We live in a post-ideological period now, where the political discourse is not as opposite as it was in the time when Margaret Thatcher and the Labour Party were at different ends of the political spectrum. Now the Labour Party and the Conservative Party are on the same bit of narrow ground, don't want to upset anybody. The fight that's going on in Wisconsin is going on everywhere.
I mean, there's an election in Greece this weekend over the same issues. Our doctors in this country are thinking of going on strike, which has never happened before. Unprecedented. Even our police are thinking about strike action, and it's illegal for them to strike. What's happening in Wisconsin is not just a little bit of local difficulty for the capitalist system.
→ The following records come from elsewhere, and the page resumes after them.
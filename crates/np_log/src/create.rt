//! Making a log.

ghost use Rattle.std.specs.Prelude.{◌≡◌, ◌≤◌, ◌<◌, ◌^◌, [], length, Ok, IfOk, IfErr, IfSome, OnOk};
ghost use Rattle.std.specs.Option.{option_map};
ghost use Rattle.np_log.specs.Lower.{LeavesOnly};
ghost use Rattle.np_log.specs.Cause.{CreateCause};
ghost use Rattle.np_log.specs.Log.{content_of};
ghost use Rattle.np_log.specs.Place.{IsSettled, SaysNewLog};

use crate::bytes::record_and_gate;
use crate::fault::CreateFault;
use crate::gate::write_first;
use crate::log::Log;
use np_io::Disk;
use std::alloc::Global;

impl Log {
    /// Makes a log of this configuration and no events, in an empty file. At `Ok` it is on the
    /// disk.
    ///
    /// It makes eight calls of the disk: one for the length, a sync, and three writes with a sync
    /// after each. The time and the memory grow with the configuration. After a crash in the
    /// middle, the file has the whole log, or the log in it is damaged at record 0.
    pub fn create<D: Disk>(alloc: Global, disk: &mut D, config: &[u8]) -> Result<Log, CreateFault>
        requires { length config.now < 2 ^ 32 }

        ensures empty { OnOk result (IfSome (D.facts disk.old).now (λ file. file ≡ [])) }
        ensures content { OnOk result (option_map content_of (D.facts disk.new).now
            ≡ option_map (λ _. Ok (record { config = config.now; events = [] })) (D.facts disk.old).now) }
        ensures settled { IfOk result (λ log. IsSettled (D.facts disk.new) log) }
        ensures count { IfOk result (λ log. log.events ≡ 0) }

        // At every moment, and after a failure, a crash leaves what it might have left before, or a
        // log that lacks record 0, or the whole new log.
        ensures any_moment { IfSome (D.facts disk.old).now (λ _.
            LeavesOnly (D.facts disk.old) (D.facts disk.new)
            (SaysNewLog (D.facts disk.old).may_leave config.now)) }
        ensures cause { IfErr result (CreateCause D.facts disk.old disk.new) }
        ensures later { (D.facts disk.old).faults ≤ (D.facts disk.new).faults }
    {
        let record = record_and_gate(alloc, config)?;
        if disk.length()? > 0 {
            return Err(CreateFault::NotEmpty);
        }
        write_first(disk, &record)?;
        Ok(Log {
            gate: config.len() as u64 + 5,
            events: 0,
        })
    }
}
Basically, I think it's fair to argue that, in terms of the West, the Democratic Socialist parties and the Social Democrats, about 30 years ago, they'd run out of imagination. They kind of lost the way to articulate or deliver what they were trying to do. But the irony is, now that the Berlin Wall has collapsed, capitalism has kind of run out of imagination. In Wall Street and in Frankfurt and in London, the moneymen are pulling the usual levers and nothing's happening. Nothing's happening at all, and ultimately, it's going to come down to a moment when the irresistible force of the markets hits the immovable object of the people.
What we saw in Wisconsin in the last few months has been one of the rehearsals for that.
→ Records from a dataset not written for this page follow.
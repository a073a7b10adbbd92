//! Laws on the definitions. Nothing here runs: each function states a theorem.

ghost use Rattle.std.specs.Prelude.{◌≡◌, ◌≤◌, ◌<◌, ℕ, ◌+◌, ◌*◌, List, [], ◌∷◌, ◌++◌, length, take, Some, Ok, Err};
ghost use Rattle.std.specs.List.{AllByRecursion};
ghost use Rattle.np_log.specs.Lower.{Event, HasEventLine, event_line};
ghost use Rattle.np_log.specs.Batch.{IsBatch, batch_of, batch_text};
ghost use Rattle.np_log.specs.Log.{Walk, after_record, content_of};
ghost use Rattle.np_log.specs.Worked.{worked_config, worked_content, worked_events, worked_start, worked_tick};
ghost use Rattle.np_log.specs.Writing.{behind_open_gate, record_and_gate};

/// The worked log says its configuration and its events, and has the bytes that `create` and
/// `append` write.
pub fn a_worked_log_says_its_events()
    ensures start { content_of worked_start ≡ Ok (worked_content []) }
    ensures start_bytes { behind_open_gate 0 (record_and_gate worked_config) (0 ∷ [])
        ≡ worked_start }
    ensures tick { content_of (worked_tick 1 10 ++ 0 ∷ []) ≡ Ok (worked_content worked_events) }
    ensures tick_bytes { behind_open_gate 7 (record_and_gate (batch_text worked_events)) worked_start
        ≡ worked_tick 1 10 ++ 0 ∷ [] }

    // A closed gate need not be 0, and what follows it does not count.
    ensures closed { content_of (worked_tick 7 10 ++ 0 ∷ []) ≡ Ok (worked_content []) }
{}

/// A log is damaged at the first record that is missing or at fault.
pub fn damage_has_its_number()
    // The record's gate is not there.
    ensures no_bytes { content_of [] ≡ Err 0 }
    ensures no_gate { content_of (worked_tick 1 10) ≡ Err 2 }

    // It is record 0, and its gate is closed.
    ensures closed_first { content_of (0 ∷ []) ≡ Err 0 }

    // Its bytes end early.
    ensures short_config { content_of (take 6 worked_start) ≡ Err 0 }
    ensures short_length { content_of (take 10 (worked_tick 1 10)) ≡ Err 1 }
    ensures short_batch { content_of (take 16 (worked_tick 1 10)) ≡ Err 1 }

    // It is not record 0, and its payload is not event lines, each with its newline, or there are
    // more events in all than a log may have.
    ensures no_newline { content_of (worked_tick 1 11 ++ 0 ∷ []) ≡ Err 1 }
    ensures too_many { (w : Walk) (payload : List ℕ) (events : List Event) →
        batch_of payload ≡ Some events → 262144 < length w.content.events + length events →
        after_record w payload ≡ Err w.number }
{}

/// A payload is read as these events if and only if it is their lines, each with its newline, and
/// they are 1 to 64.
pub fn a_batch_is_its_event_lines()
    ensures read { (payload : List ℕ) (events : List Event) →
        batch_of payload ≡ Some events → IsBatch payload events }
    ensures written { (payload : List ℕ) (events : List Event) →
        IsBatch payload events → batch_of payload ≡ Some events }
{}

/// An event's line has at most 160 bytes, so that the length of a batch fits in four bytes.
pub fn a_line_is_short()
    ensures line { (event : Event) → HasEventLine event → length (event_line event) ≤ 160 }
    ensures batch { (events : List Event) → AllByRecursion HasEventLine events →
        length (batch_text events) ≤ 161 * length events }
{}
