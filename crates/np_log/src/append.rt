//! Appending events.

ghost use Rattle.std.specs.Prelude.{◌≡◌, ◌≤◌, ◌+◌, length, IfOk, IfErr, IfSome, OnOk};
ghost use Rattle.std.specs.List.{AllByRecursion};
ghost use Rattle.std.specs.Option.{option_map};
ghost use Rattle.np_log.specs.Lower.{HasEventLine, LeavesOnly};
ghost use Rattle.np_log.specs.Cause.{AppendCause};
ghost use Rattle.np_log.specs.Log.{content_of, content_with};
ghost use Rattle.np_log.specs.Place.{IsSettled, SaysAllOrNone};

use crate::bytes::batch_record;
use crate::fault::AppendFault;
use crate::gate::write_behind;
use crate::log::{Log, log_behind};
use np_event::Event;
use np_io::Disk;
use std::alloc::Global;

impl Log {
    /// Appends these events as one record. At `Ok` they are on the disk.
    ///
    /// It makes four calls of the disk: the record and a closed gate behind it are written and
    /// synced, and then the gate before the record is opened and synced. The time and the memory
    /// grow with the events alone, not with the log.
    pub fn append<D: Disk>(
        self,
        alloc: Global,
        disk: &mut D,
        events: &[Event],
    ) -> Result<Log, AppendFault>
        requires settled { IsSettled (D.facts disk.old) self }
        requires some { 1 ≤ length events.now }
        requires batch { length events.now ≤ 64 }
        requires lines { AllByRecursion HasEventLine events.now }
        requires room { self.events + length events.now ≤ 262144 }

        ensures content { OnOk result (option_map content_of (D.facts disk.new).now
            ≡ option_map (λ file. content_with (content_of file) events.now)
            (D.facts disk.old).now) }
        ensures settled { IfOk result (λ log. IsSettled (D.facts disk.new) log) }
        ensures count { IfOk result (λ log. log.events ≡ self.events + length events.now) }

        // At every moment, and after a failure, a crash leaves the log with all of the events or
        // with none of them.
        ensures any_moment { IfSome (D.facts disk.old).now (λ file.
            LeavesOnly (D.facts disk.old) (D.facts disk.new)
            (SaysAllOrNone (content_of file) events.now)) }
        ensures cause { IfErr result (AppendCause D.facts disk.old disk.new self) }
        ensures later { (D.facts disk.old).faults ≤ (D.facts disk.new).faults }
    {
        let Ok(bytes) = batch_record(alloc, events) else {
            return Err(AppendFault::NoMemory(self));
        };
        let (gate, count) = (self.gate, self.events);
        write_behind(disk, gate, &bytes)?;
        Ok(log_behind(gate, count, bytes.len(), events.len()))
    }
}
What Guthrie songs are you planning to emphasize here?
There's no way I'm going to come to Madison without thinking about what happened there and the struggles that have been going on there. I'll probably be in town the day before, because of the way the tour is. I'll have a bit of a chance to talk to people. Hopefully, I'll be able to focus what I'm doing about Woody and what I'm doing about Billy Bragg to come up with something special for Madison.
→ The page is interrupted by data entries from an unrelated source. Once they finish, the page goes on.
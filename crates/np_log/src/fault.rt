//! Why a call of the log gave up.

use crate::log::Log;
use np_io::DiskFailed;
use np_text::NoMemory;
use std::alloc::{AllocError, AllocFailed};

/// Why an append gave up.
#[derive(Drop)]
pub enum AppendFault {
    /// A call of the disk failed: its count of faults rose. Load the log again.
    DiskFault,
    /// Memory ran out before the record was written. The log comes back.
    NoMemory(Log),
}

impl From<DiskFailed> for AppendFault {
    ghost use Rattle.std.specs.Prelude.{◌≡◌};
    ghost use Rattle.np_log.specs.declared.fault.AppendFault.TheVariants.{DiskFault};

    ghost from_gives = { λ _ e. e ≡ DiskFault };

    fn from(_: DiskFailed) -> AppendFault {
        AppendFault::DiskFault
    }
}

/// Why a log was not made.
#[derive(Clone, Copy, Debug, PartialEq, Eq)]
pub enum CreateFault {
    /// The file has bytes already.
    NotEmpty,
    /// A call of the disk failed: its count of faults rose.
    DiskFault,
    /// Memory ran out before anything was written.
    NoMemory,
}

impl From<DiskFailed> for CreateFault {
    ghost use Rattle.std.specs.Prelude.{◌≡◌};
    ghost use Rattle.np_log.specs.declared.fault.CreateFault.TheVariants.{DiskFault};

    ghost from_gives = { λ _ e. e ≡ DiskFault };

    fn from(_: DiskFailed) -> CreateFault {
        CreateFault::DiskFault
    }
}

impl From<NoMemory> for CreateFault {
    ghost use Rattle.std.specs.Prelude.{◌≡◌};
    ghost use Rattle.np_log.specs.declared.fault.CreateFault.TheVariants.{NoMemory};

    ghost from_gives = { λ _ e. e ≡ NoMemory };

    fn from(_: NoMemory) -> CreateFault {
        CreateFault::NoMemory
    }
}

/// Why a log was not loaded.
#[derive(Clone, Copy, Debug, PartialEq, Eq)]
pub enum LoadFault {
    /// This record is missing or at fault. Record 0 is the configuration.
    Damaged { number: u32 },
    /// A call of the disk failed: its count of faults rose.
    DiskFault,
    /// Memory ran out.
    NoMemory,
}

impl From<DiskFailed> for LoadFault {
    ghost use Rattle.std.specs.Prelude.{◌≡◌};
    ghost use Rattle.np_log.specs.declared.fault.LoadFault.TheVariants.{DiskFault};

    ghost from_gives = { λ _ e. e ≡ DiskFault };

    fn from(_: DiskFailed) -> LoadFault {
        LoadFault::DiskFault
    }
}

impl From<AllocError> for LoadFault {
    ghost use Rattle.std.specs.Prelude.{◌≡◌};
    ghost use Rattle.np_log.specs.declared.fault.LoadFault.TheVariants.{NoMemory};

    ghost from_gives = { λ _ e. e ≡ NoMemory };

    fn from(_: AllocError) -> LoadFault {
        LoadFault::NoMemory
    }
}

impl<T: Drop> From<AllocFailed<T>> for LoadFault {
    ghost use Rattle.std.specs.Prelude.{◌≡◌};
    ghost use Rattle.np_log.specs.declared.fault.LoadFault.TheVariants.{NoMemory};

    ghost from_gives = { λ _ e. e ≡ NoMemory };

    fn from(_: AllocFailed<T>) -> LoadFault {
        LoadFault::NoMemory
    }
}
So you're never tempted to just hole up in your hotel room when you're on tour?
Hotel rooms are just so boring, mate. I have an imaginary dog that I take for a walk. In the old days, it used to be trying to find an Internet cafe, because they always tended to be in the groovy part of town. I seem to remember I had to go in the public library in Madison, or maybe the university, when I was there last time. I always try to engage.
People are talking about what's happening in Madison all over. I'm sure I'll be getting updated as I get closer.
But are there Guthrie songs that you find too important to leave out of the set?
One of his songs that I didn't write, one of his classic songs that I'm playing, [is] "I Ain't Got No Home in This World Anymore." A more prescient song I'd be hard-pressed to find now. The fact that it's over 70 years old doesn't dim its important relevance to where we are now. When it talks about people losing their homes to the banks, people having to break up their families to look for work, people dying for want of proper health care, it's very pertinent in the United States of America.
I've been playing that every night for the last 18 months, two years. Never mind Mermaid Avenue. Some nights I don't play any Mermaid Avenue, but I play that. Woody's always present in my set.
Of your own songs, is "To Have and Have Not" in your set a lot lately? It's got this sense of economic division, but more importantly, it's about the apprehension of a young person going out into the world.
One-hundred percent yeah. That's an example of pre-ideological Billy Bragg, when I was sort of writing with a less political eye, really. That was a very, very personal song. But also, again, it still resonates, and it has been in the set of late. I don't want you to think it's all politics. I am singing a lot of soppy love songs, too.